The answer to this question apparently varies by geography, industry and organization. Regardless, HR professionals would be remiss if they did not at least take steps to assess and then address the situation within their own workforces.

Lynne Curry, a management consultant with The Growth Company in Anchorage, Alaska, says she was called upon to testify as an expert witness in an age-discrimination case that she saw "was really a generational issue," as she believes there are "generational castes" in organizations.

"Gen X and Gen Y grew up with very high expectations and had egalitarian relationships with their parents, rather than hierarchies," she says. "They expected to come into the organization and move up very quickly. It's very frustrating to come into an organization and know that you can't move up."

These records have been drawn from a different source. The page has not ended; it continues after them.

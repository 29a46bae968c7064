// The sheet of a case: the lines that 01 lists for the program `stand`, laid down from what the calls answer.
#![tactic(auto)]

ghost use Rattle.std.specs.Prelude.{◌≡◌, [], ◌∷◌, ◌++◌, ◌+◌, ◌≤◌, length};
ghost use Rattle.meaning.specs.Ascii.{ascii};
ghost use Rattle.meaning.specs.Bounds.{Sound, SoundRows};
ghost use Rattle.meaning.specs.Line.{text as bytes_of};
ghost use Rattle.meaning.specs.Sheet.{SheetCall};
ghost use Rattle.reasons.specs.Reasons.{answer_of};
ghost use Rattle.text.specs.Text.{HasRoom, line_of};
ghost use Rattle.sheet.specs.Lines.{proved_lines, short_lines, stood_lines, StoodFits, StagesIn, stage_lines_in, chained_lines, perioded_lines, CaseText, FileText};

use calls::{Counts, Stood};
use casefile::Contents;
use meaning::{COEFFICIENTS, STAGE_RECORD, WIDEST};
use reasons::Reason;
use text::Text;

// A buffer of so many bytes has room for every sheet.
pub const ROOM: usize = text::ROOM;

// STAGE with the coefficients of a stage and its leading 1. Not `Text::line`, which takes its numbers from one slice; so with WITNESS below.
fn stage_line(t: &mut Text, s: &[u8])
    requires { HasRoom t.old (line_of (ascii "STAGE") (s.now ++ (1 ∷ []))) }
    ensures { t.new ≡ t.old ++ line_of (ascii "STAGE") (s.now ++ (1 ∷ [])) }
{
    t.word(b"STAGE");
    t.numbers(s);
    t.spaced_number(1);
    t.byte(b'\n');
}

// A line for each stage of the record: a degree byte, then that many coefficients.
fn stage_lines(t: &mut Text, count: usize, stages: &[u8])
    requires stages_in { StagesIn count stages.now }
    requires has_room { HasRoom t.old (bytes_of (stage_lines_in count stages.now)) }
    ensures { t.new ≡ t.old ++ bytes_of (stage_lines_in count stages.now) }
{
    let mut at = 0;
    for _ in 0..count {
        let from = at + 1;
        at = from + usize::from(stages[at]);
        stage_line(t, &stages[from..at]);
    }
}

// WITNESS with the index, counted from 1, and the entries of the image. It is no `Text::line`, nor is a STAGE line: their numbers lie in two places.
fn witness_line(t: &mut Text, w: usize, image: &[u8])
    requires { HasRoom t.old (line_of (ascii "WITNESS") (w ∷ image.now)) }
    ensures { t.new ≡ t.old ++ line_of (ascii "WITNESS") (w ∷ image.now) }
{
    t.word(b"WITNESS");
    t.spaced_number(w);
    t.numbers(image);
    t.byte(b'\n');
}

// The lines of a proved stand: the coefficients are those of the minimal polynomial, up to its leading 1.
#[tactic(auto, unfolding(meaning::specs::Line::text, meaning::specs::Line::line_bytes, meaning::specs::Line::spaced))]
fn proved_lines(t: &mut Text, c: Counts, poly: &[u8])
    requires degree_in_bounds { c.degree + 1 ≤ length poly.now }
    requires has_room { HasRoom t.old (bytes_of (proved_lines c poly.now)) }
    ensures { t.new ≡ t.old ++ bytes_of (proved_lines c poly.now) }
{
    t.line(b"STAND proved", &[c.taken, c.spent as usize]);
    t.line(b"MINPOLY", &poly[..c.degree + 1]);
    t.word(b"WITNESS none\n");
}

// The lines of a short one: its polynomial is a divisor, and the witness shows that it is another.
#[tactic(auto, unfolding(meaning::specs::Line::text, meaning::specs::Line::line_bytes))]
fn short_lines(t: &mut Text, n: usize, c: Counts, w: usize, poly: &[u8], image: &[u8])
    requires degree_in_bounds { (c.degree + 1 ≤ length poly.now) × (n ≤ length image.now) }
    requires has_room { HasRoom t.old (bytes_of (short_lines n c w poly.now image.now)) }
    ensures { t.new ≡ t.old ++ bytes_of (short_lines n c w poly.now image.now) }
{
    t.line(b"STAND short", &[c.taken, c.spent as usize]);
    t.line(b"DIVISOR", &poly[..c.degree + 1]);
    witness_line(t, w, &image[..n]);
}

// The lines of the stand.
fn stand_lines(t: &mut Text, n: usize, stood: Stood, poly: &[u8], image: &[u8])
    requires stood_fits { StoodFits n stood poly.now image.now }
    requires has_room { HasRoom t.old (bytes_of (stood_lines n stood poly.now image.now)) }
    ensures { t.new ≡ t.old ++ bytes_of (stood_lines n stood poly.now image.now) }
{
    match stood {
        Stood::Proved(c) => proved_lines(t, c, poly),
        Stood::Short(c, w) => short_lines(t, n, c, w, poly, image),
    }
}

// The lines of a chain of so many stages.
fn chain_lines(t: &mut Text, n: usize, count: usize, product: &[u8], stages: &[u8])
    requires size_in_bounds { n + 1 ≤ length product.now }
    requires stages_in { StagesIn count stages.now }
    requires has_room { HasRoom t.old (bytes_of (chained_lines n count product.now stages.now)) }
    ensures { t.new ≡ t.old ++ bytes_of (chained_lines n count product.now stages.now) }
{
    stage_lines(t, count, stages);
    t.line(b"CHAIN", &product[..n + 1]);
}

// The line of the period.
fn period_line(t: &mut Text, period: Option<u32>)
    requires { HasRoom t.old (bytes_of (perioded_lines period)) }
    ensures { t.new ≡ t.old ++ bytes_of (perioded_lines period) }
{
    match period {
        Some(k) => t.line(b"PERIOD", &[k as usize]),
        None => t.word(b"PERIOD none\n"),
    }
}

// The sheet of a case with these values: no call refuses them.
fn case_text(p: u32, n: usize, m: &[u8], cs: &[u8], allowance: u32) -> Text
    requires sound { Sound p n m.now }
    requires sound_rows { SoundRows p n cs.now }
    ensures { CaseText p n m.now cs.now allowance result }
{
    let mut poly = [0u8; COEFFICIENTS];
    let mut image = [0u8; WIDEST];
    let mut product = [0u8; COEFFICIENTS];
    let mut stages = [0u8; STAGE_RECORD];
    let stood = calls::stand(p, n, m, cs, allowance, &mut poly, &mut image).unwrap();
    let count = calls::chain(p, n, m, cs, &mut product, &mut stages).unwrap();
    let period = calls::period(p, n, m).unwrap();
    let mut t = Text::new();
    t.line(b"FIELD", &[p as usize, n]);
    stand_lines(&mut t, n, stood, &poly, &image);
    chain_lines(&mut t, n, count, &product, &stages);
    period_line(&mut t, period);
    t
}

// The sheet of a file: that of its case, or the REFUSED line with the place.
fn file_text(file: &[u8]) -> Text
    ensures { FileText file.now result }
{
    // Taken apart, so that the arrays are not copied into one more struct.
    let Contents {
        answer,
        matrix,
        candidates,
    } = casefile::read(file);
    match answer {
        Ok(case) => {
            let matrix = &matrix[..case.n * case.n];
            let candidates = &candidates[..case.count * case.n];
            case_text(case.p, case.n, matrix, candidates, case.allowance)
        }
        Err(place) => {
            let mut t = Text::new();
            t.line(b"REFUSED", &[place]);
            t
        }
    }
}

// The sheet of a case file: the lines that the program `stand` prints, at the front of `out`, and how many bytes they are. Refused where `out`
// has not the room for every sheet.
pub fn sheet(file: &[u8], out: &mut [u8]) -> Result<usize, Reason>
    ensures { SheetCall file.now out.old (answer_of result) out.new }
{
    reasons::room(ROOM, out)?;
    let t = file_text(file);
    let bytes = t.as_bytes();
    out[..bytes.len()].copy_from_slice(bytes);
    Ok(bytes.len())
}
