// The same texts in a lent slice: each function puts its bytes over what stands there from a place on, and answers the place
// behind them, as those of `text::lent` do. A caller that has no room for a text of its own calls these. A refusal comes as its
// number, and any number is put; a caller with a `Refusal` writes `.map_err(Into::into)`. The room that they require a caller knows
// by counting, eleven bytes for a field; the programs make their texts by value and call none of these.
ghost use Rattle.std.specs.Prelude.{◌≡◌, ◌+◌, ◌*◌, ◌≤◌, [], ◌∷◌, ◌++◌, length};
ghost use Rattle.std.proofs.lemmas.List.Edits.{sets};
ghost use Rattle.text_format.specs.Fields.{fields};
ghost use Rattle.answer_lines.specs.Answers.{reply, line_text, refused_text, path_text, answer_text, routed_text, released_text, loading_text};

use network::Grant;

// A field for each of these numbers, and the newline.
#[tactic(auto, unfolding(crate::specs::Answers::line_text))]
fn put_line(text: &mut [u8], at: usize, numbers: &[u32]) -> usize
    requires { at + 11 * length numbers.now + 1 ≤ length text.old }
    ensures end { result ≡ at + length (line_text numbers.now) }
    ensures most { result ≤ at + 11 * length numbers.now + 1 }
    ensures text { text.new ≡ sets text.old at (line_text numbers.now) }
{
    let end = text::lent::put_fields(text, at, numbers);
    text::lent::put(text, end, b"\n")
}

// The links of a path that stands in the first of these words: as many as there are links. A caller lends room for all of the
// words, and `put_granted` leaves as much.
pub fn put_path(text: &mut [u8], at: usize, words: &[u32], links: u32) -> usize
    requires { at + 11 * length words.now + 1 ≤ length text.old }
    ensures end { result ≡ at + length (path_text links words.now) }
    ensures most { result ≤ at + 11 * length words.now + 1 }
    ensures text { text.new ≡ sets text.old at (path_text links words.now) }
{
    put_line(text, at, &words[..words.len().min(links as usize)])
}

// 0 and the refusal's number.
pub fn put_refused(text: &mut [u8], at: usize, k: u32) -> usize
    requires { at + 23 ≤ length text.old }
    ensures end { result ≡ at + length (refused_text k) }
    ensures most { result ≤ at + 23 }
    ensures text { text.new ≡ sets text.old at (refused_text k) }
{
    put_line(text, at, &[0, k])
}

// Problem, delay, cost and the path: what is granted, by numbers. Any number stands for the problem.
pub fn put_granted(
    text: &mut [u8],
    at: usize,
    problem: u32,
    delay: u32,
    cost: u32,
    links: u32,
    path: &[u32],
) -> usize
    requires { at + 11 * length path.now + 34 ≤ length text.old }
    ensures end { result ≡ at + length (fields (problem ∷ delay ∷ cost ∷ []) ++ path_text links path.now) }
    ensures most { result ≤ at + 11 * length path.now + 34 }
    ensures text { text.new ≡ sets text.old at (fields (problem ∷ delay ∷ cost ∷ []) ++ path_text links path.now) }
{
    let end = text::lent::put_fields(text, at, &[problem, delay, cost]);
    put_path(text, end, path, links)
}

// What a quote or an admission answered, with the words of its path buffer. For the 31 words of a path 375 bytes are enough.
#[tactic(auto, unfolding(crate::specs::Answers::routed_text, crate::specs::Answers::grant_text))]
pub fn put_answer(text: &mut [u8], at: usize, answer: Result<Grant, u32>, path: &[u32]) -> usize
    requires { at + 11 * length path.now + 34 ≤ length text.old }
    ensures end { result ≡ at + length (routed_text (reply answer) path.now) }
    ensures most { result ≤ at + 11 * length path.now + 34 }
    ensures text { text.new ≡ sets text.old at (routed_text (reply answer) path.now) }
{
    match answer {
        Err(refusal) => put_refused(text, at, refusal),
        Ok(g) => put_granted(text, at, g.problem.into(), g.delay, g.cost, g.links, path),
    }
}

// What a release answered.
#[tactic(auto, unfolding(crate::specs::Answers::answer_text))]
pub fn put_release(text: &mut [u8], at: usize, answer: Result<(), u32>) -> usize
    requires { at + 23 ≤ length text.old }
    ensures end { result ≡ at + length (answer_text (λ _. released_text) (reply answer)) }
    ensures most { result ≤ at + 23 }
    ensures text { text.new ≡ sets text.old at (answer_text (λ _. released_text) (reply answer)) }
{
    match answer {
        Err(number) => put_refused(text, at, number),
        Ok(()) => text::lent::put(text, at, b" released\n"),
    }
}

// What a listing or a question for free units answered.
#[tactic(auto, unfolding(crate::specs::Answers::answer_text))]
pub fn put_value(text: &mut [u8], at: usize, value: Result<u32, u32>) -> usize
    requires { at + 23 ≤ length text.old }
    ensures end { result ≡ at + length (answer_text (λ v. line_text (v ∷ [])) (reply value)) }
    ensures most { result ≤ at + 23 }
    ensures text { text.new ≡ sets text.old at (answer_text (λ v. line_text (v ∷ [])) (reply value)) }
{
    match value {
        Err(k) => put_refused(text, at, k),
        Ok(v) => put_line(text, at, &[v]),
    }
}

// What a load answered, as a line of its own. 13 bytes are enough.
#[tactic(auto, unfolding(crate::specs::Answers::loading_text), using(text::proofs::Behind::put_behind))]
pub fn put_loading(text: &mut [u8], at: usize, loading: Result<(), u32>) -> usize
    requires { at + 13 ≤ length text.old }
    ensures end { result ≡ at + length (loading_text (reply loading)) }
    ensures most { result ≤ at + 13 }
    ensures text { text.new ≡ sets text.old at (loading_text (reply loading)) }
{
    match loading {
        Err(k) => {
            let end = text::lent::put(text, at, b"0");
            put_line(text, end, &[k])
        }
        Ok(()) => text::lent::put(text, at, b"loaded\n"),
    }
}
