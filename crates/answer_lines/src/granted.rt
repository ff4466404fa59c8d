// What calls grant, as the rest of a line: a path, a release, a number that is read.
ghost use Rattle.std.specs.Prelude.{◌≡◌, ℕ, ◌+◌, ◌*◌, ◌≤◌, List, [], ◌∷◌, ◌++◌, length};
ghost use Rattle.arrayvec.specs.ArrayVec.{array_vec_len};
ghost use Rattle.answer_lines.specs.Answers.{line_text, grant_text, counted_text, released_text};

use crate::{put_line, put_path};
use arrayvec::ArrayVec;
use network::Grant;

// What a call may grant, as it is put into texts with room for N bytes: its text, and how many bytes that has at most.
pub trait Granted<const N: usize> {
    ghost written: { Self → List ℕ };

    ghost room: { Self → ℕ };

    fn put(self, text: &mut ArrayVec<u8, N>)
        requires { array_vec_len text.old + room self ≤ N }
        ensures text { text.new.items ≡ text.old.items ++ written self }
        ensures most { array_vec_len text.new ≤ array_vec_len text.old + room self };
}

// What a quote or an admission grants, with the words of its path buffer: the path stands in the first of them.
#[derive(Clone, Copy)]
pub(crate) struct Route<'a> {
    pub(crate) grant: Grant,
    pub(crate) path: &'a [u32],
}

// Problem, delay, cost and the path.
impl<const N: usize> Granted<N> for Route<'_> {
    ghost written = { λ r. grant_text r.grant r.path.now };

    ghost room = { λ r. 11 * length r.path.now + 34 };

    #[tactic(auto, unfolding(crate::specs::Answers::grant_text))]
    fn put(self, text: &mut ArrayVec<u8, N>) {
        let g = self.grant;
        text::put_fields(text, &[g.problem.into(), g.delay, g.cost]);
        put_path(text, self.path, g.links);
    }
}

// How many words there are of something, and these words.
#[derive(Clone, Copy)]
pub(crate) struct Counted<'a> {
    pub(crate) count: u32,
    pub(crate) words: &'a [u32],
}

// The count and the words.
impl<const N: usize> Granted<N> for Counted<'_> {
    ghost written = { λ c. counted_text c.count c.words.now };

    ghost room = { λ c. 11 * length c.words.now + 23 };

    #[tactic(auto, unfolding(crate::specs::Answers::line_text))]
    fn put(self, text: &mut ArrayVec<u8, N>) {
        text::put_field(text, self.count);
        put_line(text, self.words);
    }
}

// A release grants nothing further.
impl<const N: usize> Granted<N> for () {
    ghost written = { λ _. released_text };

    ghost room = { λ _. 10 };

    fn put(self, text: &mut ArrayVec<u8, N>) {
        text::put(text, b" released\n");
    }
}

// A listing's count, or a link's free units.
impl<const N: usize> Granted<N> for u32 {
    ghost written = { λ value. line_text (value ∷ []) };

    ghost room = { λ _. 12 };

    fn put(self, text: &mut ArrayVec<u8, N>) {
        put_line(text, &[self]);
    }
}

Curry says there are also well-qualified employees in all these generations who really aren't that worried about such things "because they're just going to go somewhere else" to find their way to the top.

But, she acknowledges, "there is such a lack of respect from one group to another."

But the current divide is really not a new one, says Jacquelyn B. James, an expert on ageism with the Sloan Center on Aging and Work at Boston College, in Chestnut Hill, Mass.

"One of the reasons younger people [say they] are having such a hard time [finding a job] is that older people are not fading out and making room for them," she says. But, despite the fact that many economists have looked at the issue from multiple angles, "there is no evidence that, if older workers do leave, it creates opportunities for younger workers."